Selectmen approved the measures at Monday’s meeting. There was no comment expressed at two public hearings.
The solid waste budget will allow the hiring of a consultant and an investigation of a composting project.
The planning grant will go toward development of the town comprehensive plan and establish a mapping of wetlands as well as computer programs.
But the board was criticized at the Monday session for what was missing from the warrant. One resident asked why an Opera House renovation was not on the warrant. The Opera House project, along with a recreation project and a new town hall, were rejected 5-1 when contained in a single article in March.
“People are sick and tired of it,” said Selectman Roger Jones.
With a 20 percent increase in both the school budget and county budget, with a new $8 million middle school on the plate of taxpayers, it is no time to consider a large capital project, officials said.
Town Manager Donald Willard said the town was criticized for including the three articles on the March warrant. Now they were being criticized for not including one of the items a few months later.
“You have to respect a 5-1 defeat,” he said. The likelihood that the Opera House renovation would pass in June was “extrmely remote,” Willard said.
Selectman Robert Duke said it would be “political suicide” to bring the item back before voters.
Roger Jones said that the people with whom he talked were not eager to vote on the item again so soon.
A moratorium on the sale of cemetery lots, imposed in 1988, was lifted Monday. A management plan with limits on sales will be imposed.

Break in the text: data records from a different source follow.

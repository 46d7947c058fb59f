//! Texts of trees as the format and its worked examples give them, and the smallest graphs of
//! trees.
use md_graph::Graph;
use md_tree::{Children, Kind, Pair, QuotientEdges, Tree, graph_of, text};
use std::alloc::{AllocError, Global};
use std::process::Abort;
use std::test::Fail;

fn pairs(alloc: Global, all: &[Pair]) -> Result<QuotientEdges, AllocError> {
    let mut list = Vec::new(alloc);
    for pair in all {
        list.push(*pair)?;
    }
    Ok(QuotientEdges { list })
}

fn leaves(alloc: Global, names: &[u32]) -> Result<Children, AllocError> {
    let mut list = Vec::new(alloc);
    for name in names {
        list.push(Tree::Leaf(*name))?;
    }
    Ok(Children { list })
}

// P(0,4),1,2,3
fn nested_children(alloc: Global) -> Result<Children, AllocError> {
    let inner = Tree::Node(Kind::Parallel, leaves(alloc, &[0, 4])?, pairs(alloc, &[])?);
    let mut list = Vec::new(alloc);
    list.push(inner)?;
    list.push(Tree::Leaf(1))?;
    list.push(Tree::Leaf(2))?;
    list.push(Tree::Leaf(3))?;
    Ok(Children { list })
}

fn check_text(rt: &impl Abort, alloc: Global, tree: Option<Tree>, expected: &[u8]) {
    match text(alloc, &tree) {
        Ok(written) => assert_eq!(rt; written.as_slice(), expected),
        Err(_) => panic!(rt; "want of memory"),
    }
}

#[test]
fn graph_without_vertices(rt: HostRuntime) -> Result<(), Fail> {
    let Ok(mut graph) = Graph::new(rt.alloc()) else {
        panic!(&rt; "want of memory");
    };
    graph_of(&None, &mut graph);
    assert_eq!(&rt; graph.count(), 0);
    Ok(())
}

// The pairs of position 0 and each other one below n, and that of 1 and 2.
fn star(alloc: Global, n: u32) -> Result<QuotientEdges, AllocError> {
    let mut list = Vec::new(alloc);
    for high in 1..n {
        list.push(Pair { low: 0, high })?;
    }
    list.push(Pair { low: 1, high: 2 })?;
    Ok(QuotientEdges { list })
}

#[test]
fn runs_of_pairs(rt: HostRuntime) -> Result<(), Fail> {
    let alloc = rt.alloc();
    let row = leaves(alloc, &[0, 1, 2, 3, 4, 5, 6, 7, 8, 9, 10, 11])?;
    check_text(
        &rt,
        alloc,
        Some(Tree::Node(Kind::Prime, row, star(alloc, 12)?)),
        b"R(0,1,2,3,4,5,6,7,8,9,10,11;0-1,0-2,0-3,0-4,0-5,0-6,0-7,0-8,0-9,0-10,0-11,1-2)",
    );
    Ok(())
}

#[test]
fn texts(rt: HostRuntime) -> Result<(), Fail> {
    let alloc = rt.alloc();
    check_text(&rt, alloc, None, b"empty");
    check_text(&rt, alloc, Some(Tree::Leaf(0)), b"0");
    check_text(&rt, alloc, Some(Tree::Leaf(u32::MAX)), b"4294967295");
    let none = pairs(alloc, &[])?;
    let row = leaves(alloc, &[10, 11, 120])?;
    assert_eq!(&rt; row.len(), 3);
    if row.len() == 3 {
        assert!(&rt; matches!(row.get(2), Tree::Leaf(120)));
    }
    check_text(
        &rt,
        alloc,
        Some(Tree::Node(Kind::Series, row, none)),
        b"S(10,11,120)",
    );
    let edges = [
        Pair { low: 0, high: 1 },
        Pair { low: 1, high: 2 },
        Pair { low: 2, high: 3 },
    ];
    let path = pairs(alloc, &edges)?;
    assert_eq!(&rt; path.len(), 3);
    if path.len() == 3 {
        assert_eq!(&rt; *path.get(1), Pair { low: 1, high: 2 });
    }
    let children = nested_children(alloc)?;
    check_text(
        &rt,
        alloc,
        Some(Tree::Node(Kind::Prime, children, path)),
        b"R(P(0,4),1,2,3;0-1,1-2,2-3)",
    );
    Ok(())
}
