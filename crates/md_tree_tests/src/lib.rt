//! Tests of trees, cotrees and decompositions, by the public calls of their crates, and what a
//! program over these can promise (`clients`). They stand in a crate of their own, since a crate
//! with tests is proved a second time with them.
#![tactic(auto)]

pub mod clients;
#[cfg(test)]
mod cotrees;
#[cfg(test)]
mod decompositions;
#[cfg(test)]
mod directed_texts;
#[cfg(test)]
mod directed_trees;
#[cfg(test)]
mod edge_edits;
#[cfg(test)]
mod edit_histories;
#[cfg(test)]
mod local_changes;
#[cfg(test)]
mod outlines;
#[cfg(test)]
mod tree_reading;
#[cfg(test)]
mod tree_texts;
#[cfg(test)]
mod vertex_deletions;
#[cfg(test)]
mod vertex_insertions;
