//! Trees of small directed graphs, each found from the definitions by going through all sets of
//! names.
use md_ddecompose::decompose_directed;
use md_digraph::{DIRECTED_NAMES, DigraphOf};
use md_dtree::text_directed;
use md_graph::Memory;
use std::alloc::Global;
use std::process::Abort;
use std::test::Fail;

// The directed graph on the names below `count` with these arcs.
fn digraph_of<const W: usize>(
    rt: &impl Abort,
    alloc: Global,
    count: u32,
    arcs: &[(u32, u32)],
) -> Result<DigraphOf<W>, Memory> {
    assert!(rt; 0 < W && W <= 64);
    let mut graph = DigraphOf::new(alloc)?;
    for v in 0..count {
        assert!(rt; v < 64 && !graph.has_vertex(v));
        graph.add_vertex(v);
    }
    for (u, v) in arcs {
        lead(rt, &mut graph, *u, *v);
    }
    Ok(graph)
}

fn lead<const W: usize>(rt: &impl Abort, graph: &mut DigraphOf<W>, u: u32, v: u32) {
    assert!(rt; u != v);
    assert!(rt; graph.has_vertex(u));
    assert!(rt; graph.has_vertex(v));
    assert!(rt; !graph.has_arc(u, v));
    graph.add_arc(u, v);
}

// Sees that the directed graph has the tree with this text.
fn check(
    rt: &impl Abort,
    alloc: Global,
    count: u32,
    arcs: &[(u32, u32)],
    expected: &[u8],
) -> Result<(), Memory> {
    let small: DigraphOf<1> = digraph_of(rt, alloc, count, arcs)?;
    let tree = decompose_directed(alloc, &small)?;
    let written = text_directed(alloc, &tree)?;
    assert_eq!(rt; written.as_slice(), expected);
    let large: DigraphOf<3> = digraph_of(rt, alloc, count, arcs)?;
    let tree = decompose_directed(alloc, &large)?;
    let written = text_directed(alloc, &tree)?;
    assert_eq!(rt; written.as_slice(), expected);
    Ok(())
}

static TREES: [(u32, &[(u32, u32)], &[u8]); 13] = [
    (0, &[], b"empty"),
    (1, &[], b"0"),
    (2, &[], b"P(0,1)"),
    (2, &[(0, 1)], b"O(0,1)"),
    (2, &[(0, 1), (1, 0)], b"S(0,1)"),
    (3, &[(0, 1), (1, 2)], b"R(0,1,2;0>1,1>2)"),
    (3, &[(0, 1), (1, 2), (2, 0)], b"R(0,1,2;0>1,1>2,2>0)"),
    (3, &[(1, 0), (2, 0), (2, 1)], b"O(2,1,0)"),
    (3, &[(1, 0)], b"P(O(1,0),2)"),
    (
        4,
        &[(0, 1), (1, 0), (2, 0), (2, 1), (3, 0), (3, 1)],
        b"O(P(2,3),S(0,1))",
    ),
    (
        4,
        &[(0, 2), (1, 0), (1, 2), (2, 3)],
        b"R(O(1,0),2,3;0>1,1>2)",
    ),
    (
        4,
        &[(0, 1), (1, 0), (1, 2), (2, 1), (2, 3), (3, 2)],
        b"R(0,1,2,3;0>1,1>0,1>2,2>1,2>3,3>2)",
    ),
    (
        5,
        &[(0, 2), (0, 4), (3, 1), (3, 4)],
        b"R(0,1,2,3,4;0>2,0>4,3>1,3>4)",
    ),
];

#[test]
fn trees(rt: HostRuntime) -> Result<(), Fail> {
    for (count, arcs, text) in &TREES {
        check(&rt, rt.alloc(), *count, *arcs, *text)?;
    }
    Ok(())
}

#[test]
fn larger_trees(rt: HostRuntime) -> Result<(), Fail> {
    let mut order = Vec::new(rt.alloc());
    for u in 0..6 {
        for v in 0..u {
            order.push((u, v))?;
        }
    }
    check(&rt, rt.alloc(), 6, &order, b"O(5,4,3,2,1,0)")?;
    check(
        &rt,
        rt.alloc(),
        5,
        &[
            (0, 2),
            (0, 4),
            (1, 0),
            (1, 2),
            (1, 4),
            (2, 3),
            (2, 4),
            (3, 0),
            (3, 1),
            (3, 4),
            (4, 0),
            (4, 1),
            (4, 2),
            (4, 3),
        ],
        b"S(R(O(1,0),2,3;0>1,1>2,2>0),4)",
    )?;
    check(
        &rt,
        rt.alloc(),
        5,
        &[
            (0, 1),
            (0, 3),
            (1, 2),
            (1, 3),
            (2, 0),
            (2, 3),
            (4, 0),
            (4, 1),
            (4, 2),
            (4, 3),
        ],
        b"O(4,R(0,1,2;0>1,1>2,2>0),3)",
    )?;
    check(
        &rt,
        rt.alloc(),
        5,
        &[
            (0, 1),
            (0, 2),
            (1, 2),
            (1, 3),
            (2, 3),
            (2, 4),
            (3, 0),
            (3, 4),
            (4, 0),
            (4, 1),
        ],
        b"R(0,1,2,3,4;0>1,0>2,1>2,1>3,2>3,2>4,3>0,3>4,4>0,4>1)",
    )?;
    Ok(())
}

// Sees that the four directed graphs on three names whose arcs are the bits of the numbers from
// `first` on have the trees with these texts.
fn check_four(rt: &impl Abort, alloc: Global, first: u32, expected: &[u8]) -> Result<(), Memory> {
    let mut written = Vec::new(alloc);
    for bits in first..first.saturating_add(4) {
        let graph = of_bits(rt, alloc, bits)?;
        let tree = decompose_directed(alloc, &graph)?;
        let text = text_directed(alloc, &tree)?;
        written.extend_from_slice(text.as_slice())?;
        written.push(b' ')?;
    }
    assert_eq!(rt; written.as_slice(), expected);
    Ok(())
}

// The directed graph on three names whose arcs, in order, are the bits of a number.
fn of_bits(rt: &impl Abort, alloc: Global, bits: u32) -> Result<DigraphOf<1>, Memory> {
    let mut graph = digraph_of(rt, alloc, 3, &[])?;
    let mut left = bits;
    for (u, v) in [(0, 1), (0, 2), (1, 0), (1, 2), (2, 0), (2, 1)] {
        if left % 2 == 1 {
            lead(rt, &mut graph, u, v);
        }
        left /= 2;
    }
    Ok(graph)
}

// The trees of all of them, four in a row.
static OF_THREE: [&[u8]; 16] = [
    b"P(0,1,2) P(O(0,1),2) P(O(0,2),1) O(0,P(1,2)) ",
    b"P(O(1,0),2) P(S(0,1),2) R(0,1,2;0>2,1>0) R(0,1,2;0>1,0>2,1>0) ",
    b"P(0,O(1,2)) R(0,1,2;0>1,1>2) O(P(0,1),2) O(0,1,2) ",
    b"O(1,P(0,2)) R(0,1,2;0>1,1>0,1>2) O(1,0,2) O(S(0,1),2) ",
    b"P(O(2,0),1) R(0,1,2;0>1,2>0) P(S(0,2),1) R(0,1,2;0>1,0>2,2>0) ",
    b"O(P(1,2),0) R(0,1,2;0>1,1>0,2>0) R(0,1,2;0>2,1>0,2>0) S(0,P(1,2)) ",
    b"R(0,1,2;1>2,2>0) R(0,1,2;0>1,1>2,2>0) R(0,1,2;0>2,1>2,2>0) R(0,1,2;0>1,0>2,1>2,2>0) ",
    b"O(1,2,0) R(0,1,2;0>1,1>0,1>2,2>0) O(1,S(0,2)) S(0,O(1,2)) ",
    b"P(0,O(2,1)) O(P(0,2),1) R(0,1,2;0>2,2>1) O(0,2,1) ",
    b"R(0,1,2;1>0,2>1) R(0,1,2;0>1,1>0,2>1) R(0,1,2;0>2,1>0,2>1) R(0,1,2;0>1,0>2,1>0,2>1) ",
    b"P(0,S(1,2)) R(0,1,2;0>1,1>2,2>1) R(0,1,2;0>2,1>2,2>1) O(0,S(1,2)) ",
    b"R(0,1,2;1>0,1>2,2>1) S(P(0,2),1) R(0,1,2;0>2,1>0,1>2,2>1) S(O(0,2),1) ",
    b"O(2,P(0,1)) O(2,0,1) R(0,1,2;0>2,2>0,2>1) O(S(0,2),1) ",
    b"O(2,1,0) O(2,S(0,1)) R(0,1,2;0>2,1>0,2>0,2>1) S(0,O(2,1)) ",
    b"R(0,1,2;1>2,2>0,2>1) R(0,1,2;0>1,1>2,2>0,2>1) S(P(0,1),2) S(O(0,1),2) ",
    b"O(S(1,2),0) S(O(2,0),1) S(O(1,0),2) S(0,1,2) ",
];

#[test]
fn three_names(rt: HostRuntime) -> Result<(), Fail> {
    let mut first = 0;
    for row in &OF_THREE {
        check_four(&rt, rt.alloc(), first, *row)?;
        first = first.saturating_add(4);
    }
    Ok(())
}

It was no wonder the board rejected another management plan, this by Code Enforcement Officer Blaine Richardson. Richardson was asked to develop a plan to handle Route 1 hawkers and peddlers, after complaints by merchants.
Richardson described the plan as “throwing a hand grenade into a crowded room” to get one person in it.
Perhaps stung by the metaphor, the board rejected the idea.
The board set June 4 as a public hearing date for a proposal to use land donated by the Friends of Rockport Harbor as a pumping station for a sewer line.
Charles Plaisted was appointed to the Planning Board to replace Harley Fetzer.